Discovered at Southwark Fair, she first appeared in London as Melinda in The Recruiting Officer in 1714 at the Theatre Royal, Drury Lane. Here she remained twenty years, followed by fifteen at the Theatre Royal, Covent Garden.

At both houses during this long career she played all the leading tragedy and comedy parts, and Barton Booth (who discovered her) said she was the best successor of Anne Oldfield. She was the original Mariana in Fielding's The Miser (1733). She was cast as Belinda in The Old Bachelor and as Mrs Millamant in The Way of the World.

==Selected roles==
- Melinda in The Recruiting Officer by George Farquhar (1714)

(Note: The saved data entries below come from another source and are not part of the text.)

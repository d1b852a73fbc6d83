//! A New in one piece.
ghost use Rattle.std.specs.Prelude.{◌≡◌, ◌<◌, Some, MatchResult};
ghost use Rattle.hk_words.specs.Geometry.{tasks};
ghost use Rattle.hk_words.specs.Layout.{leaving};
ghost use Rattle.hk_words.specs.Row.{IsRegister, frame_at};
ghost use Rattle.hk_words.specs.Calls.{RegistersFit};
ghost use Rattle.hk_words.specs.declared.call.Call.TheVariants.{New};
ghost use Rattle.hk_model.specs.History.{History};
ghost use Rattle.hk_core.specs.Event.{CanFire};
ghost use Rattle.hk_core.specs.State.{flight_of};
ghost use Rattle.hk_core.specs.Step.{outcome_at};
ghost use Rattle.hk_core.specs.Begin.{refusal};
ghost use Rattle.hk_core.specs.Lawful.{Lawful, IsLawful};
ghost use Rattle.hk_core.specs.Whole.{whole, whole_history, EndsAs};
ghost use Rattle.hk_core.specs.Passing.{begins, passed_by, CanPassBy};
ghost use Rattle.hk_core.specs.NewRows.{asked_row, asked_word, RaiseFits, raised_row, raised_word, shut_row, MadeFits, made_row};
ghost use Rattle.hk_core.specs.declared.event.Event.TheVariants.{Sub};

use crate::{Core, Event, Fault, Flight, Outcome};
use hk_words::{
    ENTER, LEAVE, Reply, Shape, pack_header, pack_reference, raise_by, w0_cycle, w0_objects,
    w0_words,
};

impl Core {
    /// A New in one piece: makes an object, and a register refer to it. It answers that there was no room, with the words
    /// used that it found, where these left too few for the object.
    pub fn make(&mut self, seat: u8, dest: u8, shape: Shape) -> Result<Outcome, Fault>
        requires seat { seat < tasks self.old.geometry }
        requires idle { (flight_of self.old.flights seat).place ≡ 0 }
        requires registers { RegistersFit self.old.geometry.registers (New dest shape) }
        requires lawful { IsLawful self.old }
        ensures state { self.new ≡ whole self.old seat (New dest shape) }
        ensures answer { MatchResult result (λ outcome. EndsAs self.old seat (New dest shape) outcome) (λ fault. refusal self.old seat (New dest shape) ≡ Some fault) }
        ensures lawful { (history : History) → Lawful self.old history → Lawful self.new (whole_history self.old seat (New dest shape) history) }
    {
        if let Some(fault) = self.spent_refusal(seat) {
            return Err(fault);
        }
        let outcome = self.make_through(seat, dest, shape);
        self.close(seat);
        Ok(outcome)
    }

    /// The places of a New.
    fn make_through(&mut self, seat: u8, dest: u8, shape: Shape) -> Outcome
        requires seat { seat < tasks self.old.geometry }
        requires dest { dest < self.old.geometry.registers }
        requires places { CanPassBy 7 self.old.geometry (begins self.old seat (New dest shape)) }
        ensures row { self.new ≡ record self.old { row = (passed_by 7 self.old.geometry (begins self.old seat (New dest shape))).row } }
        ensures outcome { result ≡ outcome_at (passed_by 6 self.old.geometry (begins self.old seat (New dest shape))).flight (New dest shape) }
    {
        let g = self.geometry;
        let found = self.ask();
        if Flight::full_to(&g, seat, shape, found) {
            return Outcome::Full {
                words: u64::from(w0_words(found)),
            };
        }
        let raised = self.raise_through(seat, shape);
        if Flight::full_to_all(&g, shape, raised) {
            self.shut(seat);
            return Outcome::Full {
                words: u64::from(w0_words(raised)),
            };
        }
        self.object_through(seat, dest, shape, raised);
        self.shut(seat);
        Outcome::Done(Reply::Unit)
    }

    /// Loads W0.
    #[tactic(auto, unfolding(crate::specs::NewRows::asked_row, crate::specs::NewRows::asked_word))]
    pub(crate) fn ask(&mut self) -> u64
        ensures row { self.new ≡ record self.old { row = asked_row self.old.geometry self.old.row } }
        ensures word { result ≡ asked_word self.old.geometry self.old.row }
    {
        let w0 = self.geometry.w0_at();
        self.fire(Event::Load(w0))
    }

    /// Enters the frame, and raises W0 by an object of the shape. What W0 was.
    #[tactic(auto, unfolding(crate::specs::NewRows::opened_row, crate::specs::NewRows::raised_row, crate::specs::NewRows::raised_word))]
    fn raise_through(&mut self, seat: u8, shape: Shape) -> u64
        requires seat { seat < tasks self.old.geometry }
        requires fits { RaiseFits self.old.geometry self.old.row seat shape }
        ensures row { self.new ≡ record self.old { row = raised_row self.old.geometry self.old.row seat shape } }
        ensures word { result ≡ raised_word self.old.geometry self.old.row seat shape }
    {
        let frame = self.frame_at(seat);
        let w0 = self.geometry.w0_at();
        self.fire(Event::Add(frame, ENTER));
        self.fire(Event::Add(w0, raise_by(shape.words())))
    }

    /// Leaves the frame.
    #[tactic(auto, unfolding(crate::specs::NewRows::shut_row))]
    fn shut(&mut self, seat: u8)
        requires seat { seat < tasks self.old.geometry }
        requires leaves { CanFire self.old.row (Sub (frame_at self.old.geometry seat) leaving) }
        ensures { self.new ≡ record self.old { row = shut_row self.old.geometry self.old.row seat } }
    {
        let frame = self.frame_at(seat);
        self.fire(Event::Sub(frame, LEAVE));
    }

    /// Takes the number that the raise of W0 gave, and writes the header and the register of its object.
    #[tactic(auto, unfolding(crate::specs::NewRows::given_row, crate::specs::NewRows::given_number, crate::specs::NewRows::headed_row, crate::specs::NewRows::made_row))]
    fn object_through(&mut self, seat: u8, dest: u8, shape: Shape, word: u64)
        requires dest { IsRegister self.old.geometry seat dest }
        requires fits { MadeFits self.old.geometry self.old.row seat dest shape word }
        ensures { self.new ≡ record self.old { row = made_row self.old.geometry self.old.row seat dest shape word } }
    {
        let g = self.geometry;
        let side = (w0_cycle(word) % 2) as u8;
        let entry = self.entry_at(side, w0_objects(word));
        let register = self.register_at(seat, dest);
        let number = self.fire(Event::Load(entry)) as u32;
        let head = self.header_at(number);
        let place = g.place_at(side, g.live() + w0_words(word));
        self.fire(Event::Write(head, pack_header(0, place, 0)));
        self.fire(Event::Write(register, pack_reference(number, shape)));
    }
}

- Emmelin in Lucius by Delarivier Manley (1717)
- Caelia in The Masquerade by Charles Johnson (1719)
- Isabella in The Revenge by Edward Young (1721)
- Olivia in The Artifice by Susanna Centlivre (1722)
- Clary in The Rival Modes by James Moore Smythe (1727)
- Ethra in Medea by Charles Johnson (1730)
- Mariana in The Miser by Henry Fielding (1733)
- Eucharis in Timon in Love by John Kelly (1733)
- Harriet in The Double Deceit by William Popple (1735)
- Lady Bellair in The Rival Widows by Elizabeth Cooper (1735)
- Lady Fragile in The Trial of Conjugal Love by Hildebrand Jacob (1738)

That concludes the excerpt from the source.